Tuesday, February 22, 2011

So I've had a very sudden (or seemingly sudden) change of mind: I'm trying to start eating again. By which I mean regularly, and "enough". Yesterday was the first day of it; I know I managed to keep in a lot more cals than usual, though I don't actually know my exact cal count. Maybe close to 1500 or so? That estimate could be off by hundreds, as I ate a lot just before I went to bed, and don't really know the cals of all of it, etc.

Today so far I've had breakfast, which was 469 cals, and just now I had "lunch", which was 326 cals. My "lunch" was a sandwich on whole wheat with a bunch of toppings (including cheese), which I had honestly thought was a lot more cals than it was -- my total is just under 800, when I figured it was more like 900-1000. I guess this is why it's a decent idea to keep track of my food intake on a website or on Notepad (right now I'm using MyPlate): I can't trick myself into thinking I've eaten more than I have, or less. Not to mention I can keep track of stuff like sodium, protein, and fiber, which is useful. I've had quite a lot of protein today, actually... 39g so far. Some of it was from the bread I've had, though. I've eaten 4 slices of it so far today. Oh well -- it helps me get in my calories, and I certainly wasn't getting nearly enough grains before, AND the bread is whole wheat. So I'm not going to beat myself up about that.

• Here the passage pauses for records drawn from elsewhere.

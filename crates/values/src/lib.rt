//! The values that the libraries hand to one another: keys, variants, entries, what emission reports, and why a call is refused.
#![tactic(auto)]

pub mod staged;

ghost use Rattle.std.specs.Prelude.{◌≡◌, ◌<◌, ℕ};
ghost use Rattle.values.specs.Refusals.{answer_number, number_of};

use std::marker::Model;

// How many stages a key has.
pub const STAGES: usize = 8;

// How many bytes an entry's name has room for.
pub const NAME_LENGTH: usize = 32;

// An op and its arguments, in Direct3D 9's codes. Only ops of three operands have an argument 0.
#[derive(Clone, Copy)]
pub struct Combiner {
    pub op: u8,
    pub arg1: u8,
    pub arg2: u8,
    pub arg0: u8,
}

// A texture stage. Flag bit 0: a texture is bound; bit 1: the result goes to TEMP.
#[derive(Clone, Copy)]
pub struct Stage {
    pub colour: Combiner,
    pub alpha: Combiner,
    pub flags: u8,
}

// Bit i of projected is for stage i. A wide key, of record kind 6, has stages of nine bytes, with argument 0 of colour and of alpha; in another, of
// kind 1 with stages of seven, no op has an argument 0. Its stages hold one that nothing reads: with an `Option`, or an enum of two keys, stages would be
// of two shapes, where one definition gives the text of both kinds.
#[derive(Clone, Copy)]
pub struct Key {
    pub stages: [Stage; STAGES],
    pub specular_add: bool,
    pub projected: u8,
    pub wide: bool,
}

// The render states beside the key that shape the text. Masks have bit i for stage i.
#[derive(Clone, Copy)]
pub struct Variant {
    pub alpha_func: u8,
    pub fog_mode: u8,
    pub fog_table_mode: u8,
    pub depth_sampler: u16,
    pub depth_fetch: u16,
    pub fetch4: u16,
    pub fetch4_alpha: u16,
    pub raw_depth_red: u16,
    pub volume: u16,
    pub cube: u16,
    pub sample_mask: u8,
    pub flags: u8,
}

// The name of the fragment function: its first len bytes, then zeros. Memory is fixed here, as in its record.
#[derive(Clone, Copy)]
pub struct Entry {
    pub len: u8,
    pub name: [u8; NAME_LENGTH],
}

// A write of a texture stage state: a stage, the state's type by its number, and a value.
#[derive(Clone, Copy)]
pub struct StateWrite {
    pub stage: u8,
    pub state: u8,
    pub value: u32,
}

// The stages that warn, bit i for stage i, in a mask for each cause.
#[derive(Clone, Copy, Default)]
pub struct Warnings {
    pub op: u8,
    pub selector: u8,
    pub modifier: u8,
}

// What an accepted emission reports of its text. The mask, of textured stages, has bit i for stage i.
#[derive(Clone, Copy)]
pub struct Emitted {
    pub length: usize,
    pub mask: u8,
    pub rows: u8,
    pub lookups: u8,
    pub warnings: Warnings,
    pub alpha_warning: bool,
}

// The number of one of the eight stages. Contracts see the number.
#[derive(Clone, Copy)]
pub struct StageIndex {
    number: u8,
}

impl Model for StageIndex {
    ghost Value = { ℕ };

    ghost view = { λ i. i.number };

    ghost invariant = { λ i. i.number < 8 };

    ghost inverse = { λ n. record { number = n } };
}

impl StageIndex {
    pub fn new(number: u8) -> StageIndex
        requires { number < 8 }
        ensures { result ≡ number }
    {
        StageIndex { number }
    }

    pub fn number(self) -> u8
        ensures number { result ≡ self }
        ensures below { result < 8 }
    {
        self.number
    }
}

// Why a call is refused, with the number of each.
#[derive(Clone, Copy)]
pub enum Refusal {
    CutShort = 1,
    UnknownKind = 2,
    StageFlags = 3,
    SpecularAdd = 4,
    VariantFlags = 5,
    EntryName = 6,
    EmitTooEarly = 7,
    NoRoom = 8,
    InputTooLong = 9,
    StageNumber = 10,
    StateType = 11,
    StateValue = 12,
    ReservedWord = 13,
}

// The number of a refusal.
impl From<Refusal> for u8 {
    ghost from_gives = { λ refusal number. number ≡ number_of refusal };

    fn from(refusal: Refusal) -> u8 {
        refusal as u8
    }
}

// The number of a call: that of its refusal, or 0.
pub fn number<T: Drop>(answer: Result<T, Refusal>) -> u8
    ensures { result ≡ answer_number answer }
{
    match answer {
        Ok(_) => 0,
        Err(refusal) => u8::from(refusal),
    }
}
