//! Text that names a stage.
ghost use Rattle.text.specs.Marks.{numbered};
ghost use Rattle.text.specs.Buffer.{Placed};

use crate::StageIndex;
use text::put_numbered;

// The bytes of s, with the number of stage i for each mark.
pub fn put_staged(out: &mut [u8], at: usize, s: &[u8], i: StageIndex) -> usize
    ensures { Placed out.old at out.new result (numbered i s.now) }
{
    put_numbered(out, at, s, i.number())
}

Weight today was 98.6; yesterday it was 98. Since the day before that it was 96.4, I know that the weight "gain" is not real weight, but more likely food and water weight from actually eating again. That being said, though, I know this weight won't "go away" as long as I'm eating normally, since is the normal pound or two humans always have in them from actually eating and being hydrated. I'm surprised by how little I'm freaking out about it.

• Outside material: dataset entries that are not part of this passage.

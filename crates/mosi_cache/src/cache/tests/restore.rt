//! A recovery of a cache with one set of two ways: a log unwound into it.
ghost use Rattle.std.specs.Prelude.{◌≡◌, ◌≢◌, ℕ, ◌<◌, true, false};
ghost use Rattle.log_buffer.specs.Log.{IsGrowing};
ghost use Rattle.rollback.specs.Unwound.{content_unwound};
ghost use Rattle.sn_model.specs.Caches.{block_count};
ghost use Rattle.mosi_cache.specs.Restored.{held_of};

use super::super::Cache;
use super::{
    Act, Does, GETS_ALONE, GONE, Had, Held, READS, Row, Says, all_come, cache_after, holds,
};
use log_buffer::LogBuffer;
use rollback::unwind;
use sn_base::{BlockNo, Interval, Memory, Old};
use sn_model::{LineState, Need};
use std::alloc::Global;
use std::process::Abort;
use std::test::Fail;

/// Whether the block isn't owned at checkpoint k, by the log or, where that says nothing, by the cache.
fn is_unowned(cache: &Cache, log: &LogBuffer, k: Interval, block: BlockNo) -> bool
    ensures growing { IsGrowing log.now.entries }
    ensures unowned { result ≡ true → content_unwound log.now.entries false k (held_of cache.now) block ≡ Old.NotOwned }
{
    match log.old_at(false, block, k) {
        Some(old) => matches!(old, Old::NotOwned),
        None => cache.owned(block).is_none(),
    }
}

/// Whether only these two blocks, if they, are owned at checkpoint k.
fn owns_two(cache: &Cache, log: &LogBuffer, k: Interval, first: u16, second: u16) -> bool
    ensures growing { IsGrowing log.now.entries }
    ensures others { result ≡ true → (b : ℕ) → b < block_count → b ≢ first → b ≢ second → content_unwound log.now.entries false k (held_of cache.now) b ≡ Old.NotOwned }
{
    'numbers: for number in 0..u16::MAX {
        let is_other = number != first && number != second;
        if is_other && !is_unowned(cache, log, k, BlockNo::new(number)) {
            return false;
        }
    }
    is_unowned(cache, log, k, BlockNo::new(u16::MAX))
}

/// How many entries a recovery to checkpoint 1 undoes, which leaves no more than these two blocks owned. None where it would
/// leave another, or a set has no two ways.
fn recover(cache: &mut Cache, log: &LogBuffer, first: u16, second: u16) -> Option<u32> {
    cache.begin_restore();
    if cache.lines.ways() < 2 || !owns_two(cache, log, 1, first, second) {
        return None;
    }
    Some(unwind(log, 1, cache))
}

/// What the cache has, and the notes of its log; how many of these a recovery to checkpoint 1 undoes, and what it leaves of blocks.
#[derive(Clone, Copy)]
struct Recovery {
    name: &'static str,
    rows: &'static [Row],
    notes: &'static [Row],
    undone: u32,
    left: [(u16, Held); 4],
}

const READS_66: Row = (2, 66, Act::Miss(Need::Read), Does::Sends(0, Says::GetS));

const RECOVERIES: &[Recovery] = &[
    Recovery {
        name: "what was lost is back, and what was got is gone",
        rows: &[
            READS,
            GETS_ALONE,
            READS_66,
            (
                2,
                66,
                Act::Take(1, Says::DataS(3)),
                Does::Sends(0, Says::Unblock(1)),
            ),
        ],
        notes: &[
            (1, 64, Act::Note(Had::Nothing), Does::Silent),
            (1, 68, Act::Note(Had::Owned(9)), Does::Silent),
            (2, 64, Act::Note(Had::Owned(7)), Does::Silent),
        ],
        undone: 3,
        left: [
            (64, GONE),
            (66, GONE),
            (68, (LineState::Modified, Some(9))),
            (70, GONE),
        ],
    },
    // To put the first two back before the others are let go would take four frames, where there are two.
    Recovery {
        name: "a full set makes room",
        rows: &[
            READS,
            GETS_ALONE,
            READS_66,
            (
                2,
                66,
                Act::Take(1, Says::DataE(3)),
                Does::Sends(0, Says::Unblock(1)),
            ),
        ],
        notes: &[
            (1, 68, Act::Note(Had::Owned(9)), Does::Silent),
            (1, 70, Act::Note(Had::Owned(5)), Does::Silent),
            (1, 64, Act::Note(Had::Nothing), Does::Silent),
            (1, 66, Act::Note(Had::Nothing), Does::Silent),
        ],
        undone: 4,
        left: [
            (64, GONE),
            (66, GONE),
            (68, (LineState::Modified, Some(9))),
            (70, (LineState::Modified, Some(5))),
        ],
    },
];

/// Whether this is left of each block, and nothing is open.
fn are_left(cache: &Cache, all: &[(u16, Held)]) -> bool {
    'blocks: for one in all.iter() {
        if !holds(cache, one.0, &one.1) {
            return false;
        }
    }
    cache.least_open().is_none()
}

/// Whether all is so, where the recovery leaves only blocks 68 and 70, if they, owned.
fn is_undone(rt: &impl Abort, cache: &mut Cache, log: &mut LogBuffer, recovery: &Recovery) -> bool {
    all_come(rt, cache, log, recovery.notes)
        && recover(cache, log, 68, 70) == Some(recovery.undone)
        && are_left(cache, &recovery.left)
}

fn recovers(rt: &impl Abort, alloc: Global, recovery: &Recovery) -> Result<bool, Memory> {
    let mut log = LogBuffer::new(alloc, 4)?;
    match cache_after(rt, alloc, recovery.rows)? {
        Some(mut cache) => Ok(is_undone(rt, &mut cache, &mut log, recovery)),
        None => Ok(false),
    }
}

#[test]
fn a_recovery_gives_back_what_was_owned(rt: HostRuntime) -> Result<(), Fail> {
    'recoveries: for recovery in RECOVERIES.iter() {
        let is_so = recovers(&rt, rt.alloc(), recovery)?;
        assert!(rt; is_so, "{}", recovery.name);
    }
    Ok(())
}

Then again, there is a pretty strong something in my head right now telling me that this is the right thing -- that eating is a good thing to do right now. Whatever that self-destructive/suicidal thing was in my head that made me restrict before seems to have vanished into thin air. I honestly, truly attribute this to my meds. I've noticed that while I'm in the process of falling back into major depression, I also get a serious increase of suicidal ideation, to the point that I really want to do it, my whole life seems hopeless, etc etc. And I have always said that in order to restrict severely I had to have a death wish. So now that the death wish is gone, apparently I may be capable of normalizing my intake again. It does make sense.

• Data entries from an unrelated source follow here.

//! The checkpoint log of one node.
//!
//! Before a block's content or ownership changes for the first time in an interval, what stood there is noted. So what
//! stood at a checkpoint can be told from the log: it is the old content of the block's entry with the least interval
//! that isn't below the checkpoint, or what stands now where there is none. The layer above sees a list of entries,
//! oldest first, and how many it may hold. A log never looks at the blocks themselves, and takes memory only when it is
//! made. Who asks for a block's entries meets these alone, the newest first, however many others there are.
//!
//! Source: checkpoint log buffers of SafetyNet (Sorin, Martin, Hill, Wood, ISCA 2002).
#![tactic(auto)]

ghost use Rattle.std.specs.Prelude.{◌≡◌, ◌+◌, ◌-◌, ◌<◌, ◌≤◌, ◌^◌, ◌&&◌, Bool, true, false, nat_eq, nat_le, [], length, IfOk, option_copied};
ghost use Rattle.log_buffer.specs.Log.{LogData, IsLog, is_home_side, old_at, has_entry, log_with_note, entries_from, logged_to};

mod places;
mod renewal;

use places::{Newest, Stored};
use renewal::{close_up, forget};
pub use sn_base::is_home_side;
use sn_base::{BlockNo, Entries, Interval, LogEntry, Memory, Old};
use std::alloc::Global;
use std::marker::Model;

/// A log. Contracts see its entries, oldest first, and its limit.
#[derive(Drop)]
pub struct LogBuffer {
    stored: Vec<Stored>,
    newest: Newest,
    limit: usize,
}

impl Model for LogBuffer {
    ghost use Rattle.std.specs.Prelude.{vec_capacity};
    ghost use Rattle.log_buffer.specs.Log.{LogData};
    ghost use Rattle.log_buffer.specs.Index.{entries_of, IsIndexedLog};

    ghost Value = { LogData };

    ghost view = { λ b. record { entries = entries_of b.stored.items; limit = b.limit } };

    ghost invariant = { λ b. IsIndexedLog b.stored.items b.newest b.limit (vec_capacity b.stored) };
}

impl LogBuffer {
    /// An empty log for so many entries.
    pub fn new(alloc: Global, limit: u16) -> Result<LogBuffer, Memory>
        ensures { IfOk result (λ b. b ≡ record { entries = []; limit = limit }) }
    {
        let limit = usize::from(limit);
        let stored = Vec::with_capacity(alloc, limit)?;
        let newest = Newest::new(alloc)?;
        Ok(LogBuffer {
            stored,
            newest,
            limit,
        })
    }

    /// How many more entries fit.
    pub fn room(&self) -> usize
        ensures left { result ≡ self.now.limit - length self.now.entries }
        ensures good { IsLog self.now }
    {
        self.limit - self.stored.len()
    }

    /// Whether there is an entry of this interval, side and block. The side is the home's, or else the cache's.
    pub fn has(&self, interval: Interval, home_side: bool, block: BlockNo) -> bool
        ensures { result ≡ has_entry self.now.entries interval home_side block }
    {
        let mut place = self.newest.of(home_side, block);
        'older: while let Some(at) = place {
            let stored = &self.stored[usize::from(at)];
            if stored.entry.interval <= interval {
                return stored.entry.interval == interval;
            }
            place = stored.older;
        }
        false
    }

    /// Notes what stood before a change. Only the first change of the block on its side in an interval adds an entry.
    pub fn note(&mut self, interval: Interval, block: BlockNo, old: Old)
        requires room { has_entry self.old.entries interval (is_home_side old) block ≡ false → length self.old.entries < self.old.limit }
        requires latest { logged_to self.old.entries (is_home_side old) block ≤ interval + 1 }
        ensures { self.new ≡ record self.old { entries = log_with_note self.old.entries interval block old } }
    {
        let home_side = is_home_side(&old);
        if self.has(interval, home_side, block) {
            return;
        }
        let place = self.stored.len() as u16;
        let older = self.newest.of(home_side, block);
        let entry = LogEntry {
            interval,
            block,
            old,
        };
        self.stored.push(Stored { entry, older }).unwrap();
        self.newest.put(home_side, block, Some(place));
    }

    /// What stood at checkpoint k, where the block has changed on this side since.
    pub fn old_at(&self, home_side: bool, block: BlockNo, k: Interval) -> Option<&Old>
        ensures old { option_copied result ≡ old_at self.now.entries home_side block k }
        ensures good { IsLog self.now }
    {
        let mut found = None;
        let mut place = self.newest.of(home_side, block);
        'older: while let Some(at) = place {
            let stored = &self.stored[usize::from(at)];
            if stored.entry.interval < k {
                return found;
            }
            found = Some(&stored.entry.old);
            place = stored.older;
        }
        found
    }

    /// Drops the entries of intervals below k, once no recovery goes back below checkpoint k.
    pub fn free_below(&mut self, k: Interval)
        ensures { self.new ≡ record self.old { entries = entries_from k self.old.entries } }
    {
        let kept = close_up(self.stored.as_mut_slice(), &mut self.newest, k);
        self.stored.truncate(kept);
    }

    pub fn clear(&mut self)
        ensures { self.new ≡ record self.old { entries = [] } }
    {
        forget(self.stored.as_slice(), &mut self.newest);
        self.stored.clear();
    }
}

impl Entries for LogBuffer {
    ghost use Rattle.log_buffer.specs.Log.{LogData};

    ghost entries = { λ b. b.entries };

    fn count(&self) -> usize {
        self.stored.len()
    }

    fn entry(&self, place: usize) -> &LogEntry {
        &self.stored[place].entry
    }

    fn older(&self, place: usize) -> Option<usize> {
        self.stored[place].older.map(usize::from)
    }
}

I know that bulimia won't go away nearly as easily as this, however, because for me bulimia is as natural as breathing, and has been from the first time I purged. The binging stems from emotional things, and the purging is something I feel to be a necessary response to such binging, so I don't see it stopping anytime soon. It would take a lot more than a simple balanced meal plan to fix that part of it. But whatever... I've had bulimia for years, and I'm used to it. It's the restriction that always desperately interferes with my life when it gets really strong, and the restriction I need to fix before I can do anything else with my life. So I guess it's better that I'm trying to do that now.

Wish me luck, I guess... and pray that this isn't just another "phase" of my eating disorder.